和其英国的前辈一样,美国的纺织厂主对其最欣赏的工人类型也有着清晰的概念。弗朗西斯·卡伯特·洛厄尔认为,年轻的女性在农场里“毫无用处”,十分“温顺和容易管教”,让年轻女性在工厂里忙个不停,可以降低她们养成坏习惯的概率。新英格兰的纺织厂后来喜欢法裔加拿大人,工厂主发现她们“温顺、勤劳、稳定”,此外她们严格的天主教教义和由此而来的大家庭也是优势。
于是,正当英国的纺织厂在吸收穷孩子和失去土地的劳动者的时候,新英格兰的纺纱厂却在使用农村的纺织女工(常常还有儿童,后来是移民)。在这两种情况下,棉纺织业的发展依靠的都是没有其他出路的穷苦人,而且在这两种情况下,“理想的”劳动者都是勤劳、顺从且从不抱怨的。早期的纺织工作和服装生产工作既不需要想象力又不需要学识,但工人在面对重复乏味的劳动时却需要耐力和思想上的坚韧。

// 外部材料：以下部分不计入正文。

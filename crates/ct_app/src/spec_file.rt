ghost use Rattle.std.specs.Prelude.{◌≡◌};
ghost use Rattle.std.specs.Option.{option_copied};
ghost use Rattle.ct_app.specs.SpecFile.{Declares, ReadsPath, ReadsSpec};
ghost use Rattle.ct_app.specs.declared.spec_file.SpecFileFault.TheVariants as Cause;

use crate::SpecRefusal;
use ct_base::{Blob, Files, FilesFault, Name, NoMemory};
use ct_spec::{Spec, SpecFault};
use std::alloc::Global;

/// The greatest number of bytes of a specification: 16 MiB.
///
/// Source: this project's choice.
const MOST_SPEC_BYTES: u64 = 16_777_216;

/// Why the resources were not read from the file that declares those of the machine.
#[derive(Debug, Drop)]
pub enum SpecFileFault {
    /// The file is refused.
    Refused(SpecRefusal),
    /// The path could not be read.
    Failed { path: Name },
    /// Memory ran out.
    NoMemory,
}

impl From<NoMemory> for SpecFileFault {
    ghost from_gives = { λ _ e. e ≡ Cause.NoMemory };

    fn from(_e: NoMemory) -> SpecFileFault {
        SpecFileFault::NoMemory
    }
}

impl From<SpecFault> for SpecFileFault {
    ghost use Rattle.ct_app.specs.Outcome.{fault_of_spec};

    ghost from_gives = { λ fault e. e ≡ fault_of_spec fault };

    fn from(fault: SpecFault) -> SpecFileFault {
        match fault {
            SpecFault::NoMemory => SpecFileFault::NoMemory,
            fault => SpecFileFault::Refused(SpecRefusal::Fault(fault)),
        }
    }
}

/// Reads the resources that the machine lends from the named file; `None` where no file is named.
///
/// A file that is absent, has more than 16 MiB or is no specification is refused. The files stay as
/// they are.
///
/// Source: CMake manual, ctest(1), --resource-spec-file. The limit is this project's choice.
#[tactic(auto, using(crate::proofs::SpecLemmas::named_unread))]
pub fn read_spec<F: Files>(
    alloc: Global,
    files: &mut F,
    file: Option<&Name>,
) -> Result<Option<Spec>, SpecFileFault>
    ensures { ReadsSpec (option_copied file.entry) (F.tells files.old) (F.tells files.new) result }
{
    match file {
        None => Ok(None),
        Some(path) => Ok(Some(read_path(alloc, files, path)?)),
    }
}

fn read_path<F: Files>(alloc: Global, files: &mut F, path: &Name) -> Result<Spec, SpecFileFault>
    ensures { ReadsPath path.now (F.tells files.old) (F.tells files.new) result }
{
    let path = path.copy(alloc)?;
    match files.read(alloc, &path, MOST_SPEC_BYTES) {
        Ok(held) => spec_in(alloc, held),
        Err(FilesFault::Failed) => Err(SpecFileFault::Failed { path }),
        Err(FilesFault::NoMemory) => Err(SpecFileFault::NoMemory),
    }
}

/// Reads the specification in the text at a path, cut at most one byte behind the limit.
#[tactic(auto, using(crate::proofs::SpecLemmas::text_declares, crate::proofs::SpecLemmas::text_refused))]
fn spec_in(alloc: Global, held: Option<Blob>) -> Result<Spec, SpecFileFault>
    ensures { Declares held result }
{
    match held {
        None => Err(SpecFileFault::Refused(SpecRefusal::Absent)),
        Some(text) if text.bytes().len() as u64 > MOST_SPEC_BYTES => {
            Err(SpecFileFault::Refused(SpecRefusal::TooLong))
        }
        Some(text) => Ok(Spec::parse(alloc, text.bytes())?),
    }
}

在底线竞争中,新英格兰在纺织生产方面的黄金时代要远远短于英国的黄金时代。1880~1930年,棉纺织品生产在新英格兰逐渐萎缩,而在美国南部的皮德蒙特地区逐渐站稳脚跟。美国南部的主要吸引力是较低的工资:北卡罗来纳州纺织工的工资在当时一般比马萨诸塞州纺织工的工资低30~50美分。尽管美国南部纺织工的产能稍微低些,但美国南部的生产者却有着巨大的成本优势。美国南部的劳动力成本优势不仅来自工资水平的差异,也来自工人愿意在更艰苦的环境中工作。此外,对使用童工和工作时间方面的监管和文化限制在美国南部比在新英格兰更宽松。雇用童工的现象在纺织业比在其他任何行业都要普遍,美国南部对童工的依赖是美国北部的4倍。20世纪初,在美国南部棉纺织厂工作的女性有60%以上都只有13岁,甚至更年幼。最后,美国南部的纺织厂工人更加“温顺和容易管教”,这些比较优势至少和工资水平同样重要。新英格兰的实业家认为,他们的唯一希望在于说服立法者在美国南部工厂中立法规定工作条件和工时,这样美国南部对工人保护的缺失就不会被用来形成其竞争优势,这应该算是今天倡导全球劳工标准的先驱。